Кальтъ сдѣлалъ кивокъ сидѣвшей дамѣ съ подвязанной щекой и проговорилъ, указавъ на кабинетъ:

— Прошу, сударыня, пожаловать.

Принявъ даму и выпустивъ ее изъ кабинета черезъ другую дверь, выходящую въ прихожую, Кальтъ снова появился въ дверяхъ гостиной.

— Ну-съ, что у васъ такое приключилось, мой милѣйшій? — спросилъ онъ Колоярова, снова протягивая ему обѣ руки и, прибавивъ: „пойдемте въ кабинетъ“, ввелъ его къ себѣ.

Кабинетъ былъ зеленый сафьянный съ тяжелой рѣзной мебелью. На стѣнѣ двѣ картинки изъ античной жизни и прекрасная акварель дамы брюнетки, нѣсколько бронзовыхъ статуетокъ, англійскіе часы съ курантами на столѣ, заваленномъ книгами, два рѣзныхъ шкафа съ книгами, стеклянный шкафъ съ хирургическими инструментами, между которыми блестѣли двое акушерскихъ щипцовъ, десятичные вѣсы для взвѣшиванія больныхъ, акушерское кресло, большая отоманка, а посреди всего этого громадный письменный столъ.

Колояровъ и Кальтъ сѣли у письменнаго стола. Кальтъ раскрылъ передъ нимъ свой серебряный портсигаръ и предложилъ курить.

— Ужасное происшествіе, Федоръ Богданычъ, — началъ Колояровъ. — Происшествіе, выходящее изъ ряда вонъ.

— Кормилица сбѣжала? — задалъ вопросъ докторъ и улыбнулся.

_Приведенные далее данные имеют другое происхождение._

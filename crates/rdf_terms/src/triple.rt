ghost use Rattle.std.specs.Prelude.{◌≡◌, IfOk, IsTrue, ◌↔◌};
ghost use Rattle.rdf_terms.specs.Same.{same_triple};

use crate::{Memory, Term};

/// A triple: subject, predicate, object (RDF 1.1 Concepts, section 3.1). It is ordered by these in
/// turn.
#[derive(Debug, Drop, PartialEq, Eq, PartialOrd, Ord, Hash)]
pub struct Triple {
    pub s: Term,
    pub p: Term,
    pub o: Term,
}

impl Triple {
    /// An equal triple. Its texts are shared with this one.
    pub fn copy(&self) -> Result<Triple, Memory>
        ensures { IfOk result (λ t. t ≡ self.now) }
    {
        Ok(Triple {
            s: self.s.copy()?,
            p: self.p.copy()?,
            o: self.o.copy()?,
        })
    }
}

/// Whether two triples are one. It is `==`, said of the values.
pub fn is_same_triple(a: &Triple, b: &Triple) -> bool
    ensures test { result ≡ same_triple a.now b.now }
    ensures same { IsTrue result ↔ (a.now ≡ b.now) }
{
    *a == *b
}
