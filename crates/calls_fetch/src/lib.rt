//! Tests of public calls: look-ups over connections.
//!
//! Each public call of these libraries that can answer want of memory is made here with ample memory, and its answer
//! compared with what was served. They stand here since a library with tests is proved twice.
//! Not here: what the contracts say for every input.
#![tactic(auto)]

#[cfg(test)]
mod lanes;
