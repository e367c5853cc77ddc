ghost use Rattle.std.specs.Prelude.{◌≡◌, ◌↔◌, IsTrue, IfOk, OnOk, OnErr, ◌++◌, length, [], bytes_eq};
ghost use Rattle.std.specs.Cmp.{partial_equiv_from_equiv};
ghost use Rattle.std.specs.Cmp.Lexicographic.{nat_list_eq_equiv};

use crate::Memory;
use std::alloc::Global;
use std::marker::Model;

/// Bytes that contracts see as their list.
#[derive(Debug, Drop)]
pub struct ByteBuf {
    bytes: Vec<u8>,
}

impl Model for ByteBuf {
    ghost use Rattle.std.specs.Prelude.{List, ℕ};

    ghost Value = { List ℕ };

    ghost view = { λ b. b.bytes.items };
}

impl ByteBuf {
    /// No bytes.
    pub fn new(alloc: Global) -> ByteBuf
        ensures { result ≡ [] }
    {
        ByteBuf {
            bytes: Vec::new(alloc),
        }
    }

    /// The same bytes, in memory of their own.
    pub fn from_slice(alloc: Global, bytes: &[u8]) -> Result<ByteBuf, Memory>
        ensures { IfOk result (λ b. b ≡ bytes.now) }
    {
        Ok(ByteBuf {
            bytes: Vec::from_slice(alloc, bytes)?,
        })
    }

    /// The bytes of the vector, which keeps its room. No memory is taken.
    pub fn from_vec(bytes: Vec<u8>) -> ByteBuf
        ensures { result ≡ bytes.items }
    {
        ByteBuf { bytes }
    }

    /// The bytes themselves, lent.
    pub fn as_slice(&self) -> &[u8]
        ensures { result.now ≡ self.now }
    {
        self.bytes.as_slice()
    }

    /// The number of bytes.
    pub fn len(&self) -> usize
        ensures { result ≡ length self.now }
    {
        self.bytes.len()
    }

    /// Whether there is no byte.
    pub fn is_empty(&self) -> bool
        ensures { IsTrue result ↔ (self.now ≡ []) }
    {
        self.bytes.is_empty()
    }

    /// Appends the bytes. It costs what it appends, amortised.
    pub fn extend(&mut self, more: &[u8]) -> Result<(), Memory>
        ensures ok { OnOk result (self.new ≡ self.old ++ more.now) }
        ensures err { OnErr result (self.new ≡ self.old) }
    {
        self.bytes.extend_from_slice(more)?;
        Ok(())
    }

    /// Equal bytes, in memory of their own.
    pub fn copy(&self) -> Result<ByteBuf, Memory>
        ensures { IfOk result (λ b. b ≡ self.now) }
    {
        Ok(ByteBuf {
            bytes: self.bytes.clone()?,
        })
    }
}

impl PartialEq for ByteBuf {
    ghost eq = { bytes_eq };

    ghost laws = { partial_equiv_from_equiv nat_list_eq_equiv };

    fn eq(&self, other: &ByteBuf) -> bool {
        self.bytes == other.bytes
    }
}

impl Eq for ByteBuf {
    ghost laws = { nat_list_eq_equiv };
}
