ghost use Rattle.std.specs.Prelude.{◌≡◌, ◌++◌, IfOk, OnOk, flat_map, codes};
ghost use Rattle.std.specs.String.{string_bytes};
ghost use Rattle.std.specs.Str.{bytes_eq};
ghost use Rattle.std.specs.Char.{encode_utf8};
ghost use Rattle.rdf_terms.specs.NTriplesForm.{escaped, escaped_text, bracketed, xsd_string, ending, blank_label, ntriples_form};

use crate::{Memory, Term, TextBuf};
use std::alloc::Global;

const XSD_STRING: &str = "http://www.w3.org/2001/XMLSchema#string";

fn push_escaped(out: &mut String, c: char) -> Result<(), Memory>
    ensures { OnOk result (string_bytes out.new ≡ string_bytes out.old ++ flat_map escaped (encode_utf8 c)) }
{
    match c {
        '"' => out.push_str("\\\"")?,
        '\\' => out.push_str("\\\\")?,
        '\n' => out.push_str("\\n")?,
        '\r' => out.push_str("\\r")?,
        '\t' => out.push_str("\\t")?,
        _ => out.push(c)?,
    }
    Ok(())
}

fn push_escaped_text(out: &mut String, text: &str) -> Result<(), Memory>
    ensures { OnOk result (string_bytes out.new ≡ string_bytes out.old ++ escaped_text text.now) }
{
    for c in text.chars() {
        push_escaped(out, c)?;
    }
    Ok(())
}

fn push_bracketed(out: &mut String, iri: &str) -> Result<(), Memory>
    ensures { OnOk result (string_bytes out.new ≡ string_bytes out.old ++ bracketed iri.now) }
{
    out.push_str("<")?;
    out.push_str(iri)?;
    out.push_str(">")?;
    Ok(())
}

fn is_xsd_string(datatype: &str) -> bool
    ensures { result ≡ bytes_eq datatype.now xsd_string }
{
    datatype == XSD_STRING
}

fn push_ending(out: &mut String, datatype: &TextBuf, tag: &Option<TextBuf>) -> Result<(), Memory>
    ensures { OnOk result (string_bytes out.new ≡ string_bytes out.old ++ ending datatype.now tag.now) }
{
    match tag {
        Some(tag) => {
            out.push_str("@")?;
            out.push_str(tag.as_str())?;
        }
        None => {
            if !is_xsd_string(datatype.as_str()) {
                out.push_str("^^")?;
                push_bracketed(out, datatype.as_str())?;
            }
        }
    }
    Ok(())
}

fn push_label(alloc: Global, out: &mut String, doc: &str, n: u64) -> Result<(), Memory>
    ensures { OnOk result (string_bytes out.new ≡ string_bytes out.old ++ blank_label doc.now n) }
{
    let number = n.to_string(alloc)?;
    let digits = hex::encode(alloc, doc)?;
    out.push_str("b")?;
    out.push_str(number.as_str())?;
    out.push_str("x")?;
    out.push_str(digits.as_str())?;
    Ok(())
}

/// The label of a blank node: `b`, its number, `x`, and its document's link text in hexadecimal.
pub fn write_label(alloc: Global, doc: &str, n: u64) -> Result<TextBuf, Memory>
    ensures { IfOk result (λ text. text ≡ blank_label doc.now n) }
{
    let mut out = String::new(alloc);
    push_label(alloc, &mut out, doc, n)?;
    TextBuf::from_string(out)
}

/// The N-Triples form of a term (RDF 1.1 N-Triples, section 2). An IRI is written as it is. It
/// costs what it writes.
pub fn write_term(alloc: Global, term: &Term) -> Result<TextBuf, Memory>
    ensures { IfOk result (λ text. text ≡ ntriples_form term.now) }
{
    let mut out = String::new(alloc);
    match term {
        Term::Blank { doc, n } => {
            out.push_str("_:")?;
            push_label(alloc, &mut out, doc.as_str(), *n)?;
        }
        Term::Iri(iri) => push_bracketed(&mut out, iri.as_str())?,
        Term::Literal {
            datatype,
            tag,
            lexical,
        } => {
            out.push_str("\"")?;
            push_escaped_text(&mut out, lexical.as_str())?;
            out.push_str("\"")?;
            push_ending(&mut out, datatype, tag)?;
        }
    }
    TextBuf::from_string(out)
}
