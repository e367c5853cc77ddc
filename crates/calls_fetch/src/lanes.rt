//! One look-up over the wire in memory.
ghost use Rattle.std.specs.Prelude.{◌≡◌, ◌<◌, length, IfOk};

use fetch_lane::{Asked, Lane, Stage, Went};
use link_uri::Heard;
use outer_ports::{Host, MemoryWire, Opened, Waited, Wire};
use rdf_terms::{ByteBuf, Memory, TextBuf};
use reachability::Cause;
use std::alloc::Global;

// One try over a wire; what is heard, if anything.
fn try_once<W: Wire>(
    wire: &mut W,
    lane: &mut Lane,
    buffer: &mut [u8],
) -> Result<Option<Heard>, Memory>
    requires closed { lane.old.stage ≡ Stage.Closed }
    requires room { lane.old.flight.failed < 255 }
    requires some { 0 < length buffer.old }
{
    let Opened::Conn(conn) = lane.open(wire)? else {
        return Ok(None);
    };
    'turns: for _ in 0..1000 {
        match wire.wait() {
            Waited::Ready(named) => {
                if named != conn {
                    return Ok(None);
                }
                match lane.go_on(wire, conn, buffer)? {
                    Went::Heard(heard) => return Ok(Some(heard)),
                    Went::Failed(_) => return Ok(None),
                    Went::Moved => {}
                    Went::Quiet => {}
                }
            }
            Waited::Quiet => match lane.count_silence(wire, conn) {
                Went::Quiet => {}
                _ => return Ok(None),
            },
            Waited::Failed => return Ok(None),
        }
    }
    Ok(None)
}

const RESPONSE: &[u8] =
    b"HTTP/1.1 200 OK\r\nContent-Type: text/turtle\r\nContent-Length: 3\r\n\r\nabc";

fn text(alloc: Global, of: &str) -> Result<TextBuf, Memory> {
    TextBuf::from_str(alloc, of)
}

fn lane(alloc: Global) -> Result<Lane, Memory>
    ensures closed { IfOk result (λ lane. lane.stage ≡ Stage.Closed) }
    ensures failed { IfOk result (λ lane. lane.flight.failed ≡ 0) }
{
    let host = text(alloc, "a.test")?;
    let request = ByteBuf::from_slice(alloc, b"ask")?;
    let asked = Asked {
        host,
        port: 80,
        request,
        limit: 1000,
    };
    Ok(Lane::new(alloc, 7, text(alloc, "http://a.test/1")?, asked))
}

fn hosts(alloc: Global) -> Result<Vec<Host>, Memory> {
    let mut hosts = Vec::new(alloc);
    hosts.push(Host {
        host: text(alloc, "a.test")?,
        port: 80,
        request: ByteBuf::from_slice(alloc, b"ask")?,
        response: ByteBuf::from_slice(alloc, RESPONSE)?,
    })?;
    Ok(hosts)
}

fn numbers(alloc: Global, of: &[u64]) -> Result<Vec<u64>, Memory> {
    Ok(Vec::from_slice(alloc, of)?)
}

// What comes of one try over a wire whose calls of these numbers fail, are cut or are quiet.
#[derive(Drop)]
struct Came {
    heard: Option<Heard>,
    failed: u8,
    last: Option<Cause>,
}

fn came_of(alloc: Global, fail: &[u64], cut: &[u64], quiet: &[u64]) -> Result<Came, Memory> {
    let mut wire = MemoryWire::new(
        alloc,
        hosts(alloc)?,
        1,
        numbers(alloc, fail)?,
        numbers(alloc, cut)?,
        numbers(alloc, quiet)?,
    );
    let mut lane = lane(alloc)?;
    let mut buffer = [0; 16];
    let heard = try_once(&mut wire, &mut lane, &mut buffer)?;
    Ok(Came {
        heard,
        failed: lane.flight.failed,
        last: lane.flight.last,
    })
}

fn is_reply(heard: &Option<Heard>) -> bool {
    match heard {
        Some(Heard::Reply(reply)) => reply.status == 200
            && reply.body.as_slice() == b"abc".as_slice(),
        _ => false,
    }
}

#[test]
fn a_response_in_single_bytes_is_heard(rt: HostRuntime) {
    let came = came_of(rt.alloc(), &[], &[], &[]).expect(&rt, "memory");
    assert!(rt; is_reply(&came.heard));
    assert!(rt; came.failed == 0);
}

#[test]
fn a_quiet_wait_changes_nothing(rt: HostRuntime) {
    let came = came_of(rt.alloc(), &[], &[], &[1, 2, 5]).expect(&rt, "memory");
    assert!(rt; is_reply(&came.heard));
}

#[test]
fn a_failed_opening_is_no_connection(rt: HostRuntime) {
    let came = came_of(rt.alloc(), &[0], &[], &[]).expect(&rt, "memory");
    assert!(rt; came.heard.is_none());
    assert!(rt; came.failed == 1);
    assert!(rt; came.last == Some(Cause::Connect));
}

#[test]
fn a_failed_send_breaks(rt: HostRuntime) {
    let came = came_of(rt.alloc(), &[2], &[], &[]).expect(&rt, "memory");
    assert!(rt; came.last == Some(Cause::Broken));
}

#[test]
fn an_early_end_is_a_cut(rt: HostRuntime) {
    let came = came_of(rt.alloc(), &[], &[10], &[]).expect(&rt, "memory");
    assert!(rt; came.last == Some(Cause::Cut));
}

— Не сбѣжала еще, но уходитъ. Больше трехъ дней не хочетъ оставаться. Она выходитъ замужъ за нашего швейцара. Мы уговаривали ее остаться, сулили деньги, но ничего не помогло. Не знаемъ, какъ теперь и быть. Жена въ отчаяніи. Обращаемся къ вамъ.

— Найдемъ другую кормилицу, сегодня-же найдемъ и предоставимъ вамъ, — сказалъ докторъ.

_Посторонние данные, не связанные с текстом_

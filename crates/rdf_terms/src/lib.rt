//! RDF terms, and the texts, bytes and lists that public records are made of.
//!
//! Promise: contracts see a text or bytes as the list of its bytes, a list as its items, a box as its
//! value, and a term as data; `==`, the order and each `copy` speak of these alone. The order of terms
//! is in `specs/Order.antt`. `specs/formers` tells the checker how a list and a box are laid, so that a
//! type that leads back to itself may hold them.
//! Not here: which texts are IRIs (`iri_core`), and how solutions are ordered (`expr_eval`).
//!
//! Want of memory is `Memory` everywhere; after it every argument that was lent is as before.
#![tactic(auto)]

mod boxed;
mod bytes;
mod memory;
mod seq;
mod term;
mod text;
mod triple;
mod write;

pub use crate::boxed::Boxed;
pub use crate::bytes::ByteBuf;
pub use crate::memory::Memory;
pub use crate::seq::Seq;
pub use crate::term::{Term, is_same_term, order_of_terms};
pub use crate::text::TextBuf;
pub use crate::triple::{Triple, is_same_triple};
pub use crate::write::{write_label, write_term};
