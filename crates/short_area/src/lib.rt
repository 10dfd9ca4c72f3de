//! At which cells of a window a square defect touches pieces of two labels: how many they are, and rectangles that have them.
//!
//! The cells of the window that are near a piece are a rectangle, the *zone* of the piece, and what is asked for is which
//! cells lie in zones of two labels. What is left of a part of the window is told alike for a count and for a list (`part_case`):
//!
//! - Where one label or none is left, nothing. Where a zone has all cells of the part, the cells of the other labels, or all
//!   of it where another label has them all, too.
//! - Where many broad zones lie over the middle, parts are soon covered whole, and the part is halved.
//! - Of few zones those that meet another label are kept. Rectangles without common cells, *runs*, take the place of
//!   each label's zones, so that a cell lies in as many runs as it has labels, and the cells in two are left.
//! - Where few zones lie over the middle the part is halved.
//! - Else runs of all labels are tried, with four looks for each zone, unless one label leads so far that the part is halved
//!   at once. Where the looks do not suffice and there are two labels, the cells of both are left. Else the part is halved,
//!   and runs of all labels are not tried again before an eighth of the zones is left.
//!
//! Where a part cannot be halved any more runs of all labels decide.
//!
//! A count (`areas`) sweeps for the cells in two runs (`sweeps`), and takes for two labels the cells of the one and of the
//! other, less those of either. Where one label leads all others together by half of the zones, it tries the runs of the others
//! alone before those of all: the leader's zones stay as they are, and are counted twice with each run once, less what of the
//! leader has no run (`leaders`).
//!
//! A list (`rects`) has for two labels runs of each. Where it takes too many looks to tell which cells lie in two runs, the part
//! is halved on, over what the runs have in it (`twice`). What is found is joined where neighbours share a whole edge.
//!
//! Each halving is right and each sweep is right, so what chooses between them changes the time alone, and the number of
//! rectangles. That zones are halved near their middle has private clauses, since else the depth might end the stack.
#![tactic(auto)]

mod areas;
mod halves;
mod labels;
mod leaders;
mod leads;
mod meeting;
mod part_case;
mod places;
mod rects;
mod runs;
mod steps;
mod sweeps;
mod twice;
mod zones;

pub use areas::{short_area, two_label_area};
pub use rects::short_rects;
pub use runs::by_label;
pub use zones::{zones_in, zones_of};
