ghost use Rattle.std.specs.Prelude.{◌^◌, ◌<◌, ◌≤◌};
ghost use Rattle.map_model.specs.declared.limits.TheConstants.{GREATEST_WEIGHT};

use super::kind::Kind;
use map_model::{LayerName, Measure};

/// The most rows of a report. A layer map has 16 metals, 16 cuts and 32 sizes at most, and so 1,536 rows.
pub const MOST_ROWS: usize = 2_000;

/// The area of one kind of fault, on one metal or at one cut, for one size of defect: one line of a report.
#[derive(Clone, Copy)]
pub struct Row {
    /// The kind of fault.
    pub kind: Kind,
    /// The name of the metal or cut.
    pub layer: LayerName,
    /// Whether the size is a radius or a side.
    pub measure: Measure,
    /// The size of the defect, as its map lists it.
    pub size: u32,
    /// How many cells of the window have the fault. No edge of a window is further than 1,001,000,000 from 0, so these
    /// are fewer than 2^63.
    pub area: u64,
    /// By what the area counts in the totals: at most 1,000,000,000.
    pub weight: u64,
    pub ghost small_area: { area < 2 ^ 63 },
    pub ghost small_weight: { weight ≤ GREATEST_WEIGHT },
}
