use geo_core::Axis;

/// What comes next of a window that is counted.
pub enum Step {
    /// This is its count.
    Count(u64),
    /// It is halved along the axis at the place. Of more than an eighth of so many zones no runs are tried again.
    Halve(Axis, i32, usize),
}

— Но вѣдь это должно повліять на здоровье нашего сына…

Колояровъ былъ удрученъ.

— Пустяки, — сказалъ докторъ. — Мы подгонимъ съ соотвѣтствующимъ ему молокомъ кормилицу. А вы вотъ выслушайте лучше, какую я вчера игру проигралъ въ клубѣ. Большой шлемъ, батенька, и безъ трехъ…

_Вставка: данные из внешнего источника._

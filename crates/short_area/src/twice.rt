ghost use Rattle.std.specs.Prelude.{IfOk, IfSome};
ghost use Rattle.skyline_runs.specs.Runs.{IsInTwo};
ghost use Rattle.union_area.specs.PartRects.{AreClipped, AreRectsOf, GainsPart};
ghost use Rattle.union_area.specs.WindowParts.{AreParts};

use geo_core::Rect;
use joined_rects::{Gathered, joined};
use lists::NoMemory;
use skyline_runs::{twice_runs, twice_runs_within};
use std::alloc::Global;
use union_area::{Survey, clipped};

/// So many looks for each rectangle are few.
const LOOKS_EACH: usize = 32;

/// What was gathered so far, with the cells of the part that lie in two of the rectangles. Where it takes too many looks to tell
/// which these are, the part is halved, and what the rectangles have in a half is joined.
pub fn with_twice(
    alloc: Global,
    found: Gathered,
    rects: Vec<Rect>,
    part: Rect,
) -> Result<Gathered, NoMemory>
    ensures { IfOk result (λ more. GainsPart (IsInTwo rects.items) part found more) }
{
    if let Some(twice) = few_twice_in(alloc, rects.as_slice(), part)? {
        return found.with(alloc, twice.as_slice());
    }
    match halves_of(rects.as_slice(), part) {
        None => {
            let twice = twice_in(alloc, rects.as_slice(), part)?;
            found.with(alloc, twice.as_slice())
        }
        Some((first, second)) => {
            let before = joined_in(alloc, rects.as_slice(), first)?;
            let behind = joined_in(alloc, rects.as_slice(), second)?;
            let found = with_twice(alloc, found, before, first)?;
            with_twice(alloc, found, behind, second)
        }
    }
}

/// Rectangles without common cells that have the cells of the part that lie in two of the list.
fn twice_in(alloc: Global, rects: &[Rect], part: Rect) -> Result<Vec<Rect>, NoMemory>
    ensures { IfOk result (λ twice. AreRectsOf (IsInTwo rects.now) part twice.items) }
{
    let twice = twice_runs(alloc, rects)?;
    clipped(alloc, twice.as_slice(), part)
}

/// The same, where they are found with few looks.
fn few_twice_in(alloc: Global, rects: &[Rect], part: Rect) -> Result<Option<Vec<Rect>>, NoMemory>
    ensures { IfOk result (λ found. IfSome found (λ twice. AreRectsOf (IsInTwo rects.now) part twice.items)) }
{
    let mut looks = rects.len().saturating_mul(LOOKS_EACH);
    let Some(twice) = twice_runs_within(alloc, rects, &mut looks)? else {
        return Ok(None);
    };
    Ok(Some(clipped(alloc, twice.as_slice(), part)?))
}

/// Two parts of the part; a single cell has none.
fn halves_of(rects: &[Rect], part: Rect) -> Option<(Rect, Rect)>
    ensures { IfSome result (λ halves. AreParts part halves.0 halves.1) }
{
    let mut survey = Survey::of(part);
    for rect in rects {
        survey.add(*rect);
    }
    survey.halves()
}

/// What the rectangles have in the part, joined where they share a whole edge.
fn joined_in(alloc: Global, rects: &[Rect], part: Rect) -> Result<Vec<Rect>, NoMemory>
    ensures { IfOk result (λ inside. AreClipped rects.now part inside.items) }
{
    let inside = clipped(alloc, rects, part)?;
    joined(alloc, inside)
}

— Жена до того разстроилась, что даже сама захворала, — продолжалъ Колояровъ, не слушая его.

— А я давно ей брома не прописывалъ. Заѣду и пропишу. Но вы выслушайте… Пришла ко мнѣ карта — тузъ, король, дама, валетъ, тройка червей…

— Если-бы вы могли намъ, Федоръ Богданычъ сегодня или завтра предоставить мамку. За свою кормилицу мы дрожимъ каждый часъ. Поведеніе ея ужасно. Она бѣгаетъ на свиданіе.

— Сегодня вечеромъ у васъ можетъ быть кормилица. Ну-съ, въ прикупкѣ у меня король и дама пикъ. Тузъ съ восьмеркой были на рукахъ.

— Жена голову потеряла… Нервы расшатаны… — не унимался Колояровъ.